_Requirement_:
Check each line of the data, and copy those where "assert" appears.

[Stored data entries]
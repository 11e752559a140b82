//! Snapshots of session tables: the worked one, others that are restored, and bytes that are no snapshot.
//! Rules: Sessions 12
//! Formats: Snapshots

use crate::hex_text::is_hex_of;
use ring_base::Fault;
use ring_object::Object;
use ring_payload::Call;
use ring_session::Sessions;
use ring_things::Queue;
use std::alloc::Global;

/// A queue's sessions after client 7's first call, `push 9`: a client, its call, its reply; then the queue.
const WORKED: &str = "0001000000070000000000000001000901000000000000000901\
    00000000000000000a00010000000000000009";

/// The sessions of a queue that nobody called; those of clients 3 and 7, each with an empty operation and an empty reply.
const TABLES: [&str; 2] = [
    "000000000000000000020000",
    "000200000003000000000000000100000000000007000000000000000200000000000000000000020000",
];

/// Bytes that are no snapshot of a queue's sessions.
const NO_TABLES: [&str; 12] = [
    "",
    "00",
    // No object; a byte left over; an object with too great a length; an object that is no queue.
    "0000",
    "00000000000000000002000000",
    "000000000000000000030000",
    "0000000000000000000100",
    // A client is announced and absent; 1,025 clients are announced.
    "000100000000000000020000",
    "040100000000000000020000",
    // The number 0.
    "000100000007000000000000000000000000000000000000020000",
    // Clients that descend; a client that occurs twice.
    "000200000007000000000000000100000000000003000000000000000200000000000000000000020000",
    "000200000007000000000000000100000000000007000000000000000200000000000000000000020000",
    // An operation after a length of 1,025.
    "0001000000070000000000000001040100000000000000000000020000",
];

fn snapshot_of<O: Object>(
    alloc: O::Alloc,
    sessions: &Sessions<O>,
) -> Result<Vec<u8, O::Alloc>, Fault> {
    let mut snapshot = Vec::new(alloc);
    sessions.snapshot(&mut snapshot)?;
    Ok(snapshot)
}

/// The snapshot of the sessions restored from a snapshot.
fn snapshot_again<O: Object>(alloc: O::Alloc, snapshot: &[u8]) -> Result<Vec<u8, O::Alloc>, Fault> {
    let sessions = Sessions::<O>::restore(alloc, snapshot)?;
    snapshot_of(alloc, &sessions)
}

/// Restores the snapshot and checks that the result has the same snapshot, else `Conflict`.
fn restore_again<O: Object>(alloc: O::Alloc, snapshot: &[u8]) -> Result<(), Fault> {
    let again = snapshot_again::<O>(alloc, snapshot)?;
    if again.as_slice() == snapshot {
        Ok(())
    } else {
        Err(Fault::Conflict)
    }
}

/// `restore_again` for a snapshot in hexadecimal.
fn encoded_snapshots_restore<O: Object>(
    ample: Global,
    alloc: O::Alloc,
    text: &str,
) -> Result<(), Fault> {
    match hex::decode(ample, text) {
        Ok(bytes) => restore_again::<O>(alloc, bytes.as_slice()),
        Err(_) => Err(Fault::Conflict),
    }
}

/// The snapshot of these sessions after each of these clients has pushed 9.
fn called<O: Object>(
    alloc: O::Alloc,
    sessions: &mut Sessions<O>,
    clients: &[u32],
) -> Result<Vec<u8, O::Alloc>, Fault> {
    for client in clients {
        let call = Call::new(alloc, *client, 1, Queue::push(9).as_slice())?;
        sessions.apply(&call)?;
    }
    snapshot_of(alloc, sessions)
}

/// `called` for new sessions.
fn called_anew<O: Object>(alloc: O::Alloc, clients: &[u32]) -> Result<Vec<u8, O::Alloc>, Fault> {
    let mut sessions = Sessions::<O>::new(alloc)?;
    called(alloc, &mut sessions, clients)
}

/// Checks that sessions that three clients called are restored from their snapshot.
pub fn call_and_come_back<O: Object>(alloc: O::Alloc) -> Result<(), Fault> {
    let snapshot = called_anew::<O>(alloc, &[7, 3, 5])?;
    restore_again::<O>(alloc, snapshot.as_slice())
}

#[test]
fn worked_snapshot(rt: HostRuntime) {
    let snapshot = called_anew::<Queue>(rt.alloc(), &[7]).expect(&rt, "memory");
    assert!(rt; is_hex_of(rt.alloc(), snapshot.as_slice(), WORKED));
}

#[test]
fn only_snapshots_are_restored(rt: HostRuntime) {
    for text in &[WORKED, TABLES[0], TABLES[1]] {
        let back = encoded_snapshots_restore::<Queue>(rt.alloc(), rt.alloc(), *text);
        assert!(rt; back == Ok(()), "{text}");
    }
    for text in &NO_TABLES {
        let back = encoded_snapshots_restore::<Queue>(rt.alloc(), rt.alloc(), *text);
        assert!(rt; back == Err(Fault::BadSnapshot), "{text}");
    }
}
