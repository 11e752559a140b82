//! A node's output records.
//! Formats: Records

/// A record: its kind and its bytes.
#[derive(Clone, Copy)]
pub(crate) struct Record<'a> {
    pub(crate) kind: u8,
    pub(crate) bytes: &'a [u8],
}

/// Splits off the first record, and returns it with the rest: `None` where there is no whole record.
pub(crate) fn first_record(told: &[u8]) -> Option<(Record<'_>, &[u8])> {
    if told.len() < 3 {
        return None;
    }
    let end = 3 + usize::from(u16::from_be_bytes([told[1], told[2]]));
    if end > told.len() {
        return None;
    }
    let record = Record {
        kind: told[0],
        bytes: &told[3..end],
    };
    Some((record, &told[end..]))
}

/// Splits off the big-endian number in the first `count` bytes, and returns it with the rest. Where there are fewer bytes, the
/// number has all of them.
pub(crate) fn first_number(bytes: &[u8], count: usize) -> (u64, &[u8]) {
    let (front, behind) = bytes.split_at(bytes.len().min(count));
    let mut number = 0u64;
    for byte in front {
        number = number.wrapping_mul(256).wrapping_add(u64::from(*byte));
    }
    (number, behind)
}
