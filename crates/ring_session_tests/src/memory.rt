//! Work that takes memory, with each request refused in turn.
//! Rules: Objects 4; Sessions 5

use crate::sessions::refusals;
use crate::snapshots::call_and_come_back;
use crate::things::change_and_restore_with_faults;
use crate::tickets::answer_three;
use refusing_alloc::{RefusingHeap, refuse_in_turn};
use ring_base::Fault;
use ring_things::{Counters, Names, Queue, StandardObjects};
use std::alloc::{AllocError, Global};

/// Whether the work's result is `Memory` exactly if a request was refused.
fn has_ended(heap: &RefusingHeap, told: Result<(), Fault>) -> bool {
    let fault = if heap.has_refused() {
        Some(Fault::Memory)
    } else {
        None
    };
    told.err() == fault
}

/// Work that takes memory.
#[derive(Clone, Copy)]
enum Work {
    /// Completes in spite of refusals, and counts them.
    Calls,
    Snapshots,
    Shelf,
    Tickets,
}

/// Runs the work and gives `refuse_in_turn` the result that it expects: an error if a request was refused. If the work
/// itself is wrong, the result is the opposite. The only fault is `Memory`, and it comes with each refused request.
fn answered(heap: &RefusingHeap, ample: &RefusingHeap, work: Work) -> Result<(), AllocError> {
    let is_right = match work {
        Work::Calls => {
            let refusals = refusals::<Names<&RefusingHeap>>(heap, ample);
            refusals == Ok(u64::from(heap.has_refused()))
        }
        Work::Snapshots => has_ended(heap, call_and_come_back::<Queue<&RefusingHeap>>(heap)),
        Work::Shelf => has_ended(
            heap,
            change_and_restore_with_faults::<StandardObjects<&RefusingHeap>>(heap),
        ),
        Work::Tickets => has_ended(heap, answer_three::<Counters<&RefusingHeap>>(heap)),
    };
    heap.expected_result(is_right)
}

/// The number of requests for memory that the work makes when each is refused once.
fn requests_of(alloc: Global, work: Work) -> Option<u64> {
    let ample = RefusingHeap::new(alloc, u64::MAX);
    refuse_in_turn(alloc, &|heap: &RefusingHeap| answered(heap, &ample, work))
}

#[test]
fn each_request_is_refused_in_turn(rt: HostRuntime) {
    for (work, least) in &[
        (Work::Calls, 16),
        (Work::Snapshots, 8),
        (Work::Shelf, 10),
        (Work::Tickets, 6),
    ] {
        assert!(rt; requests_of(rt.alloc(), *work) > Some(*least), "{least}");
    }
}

_Final answer_:
    assert!(rt; is_hex_of(rt.alloc(), snapshot.as_slice(), WORKED));
        assert!(rt; back == Ok(()), "{text}");
        assert!(rt; back == Err(Fault::BadSnapshot), "{text}");
        assert!(rt; requests_of(rt.alloc(), *work) > Some(*least), "{least}");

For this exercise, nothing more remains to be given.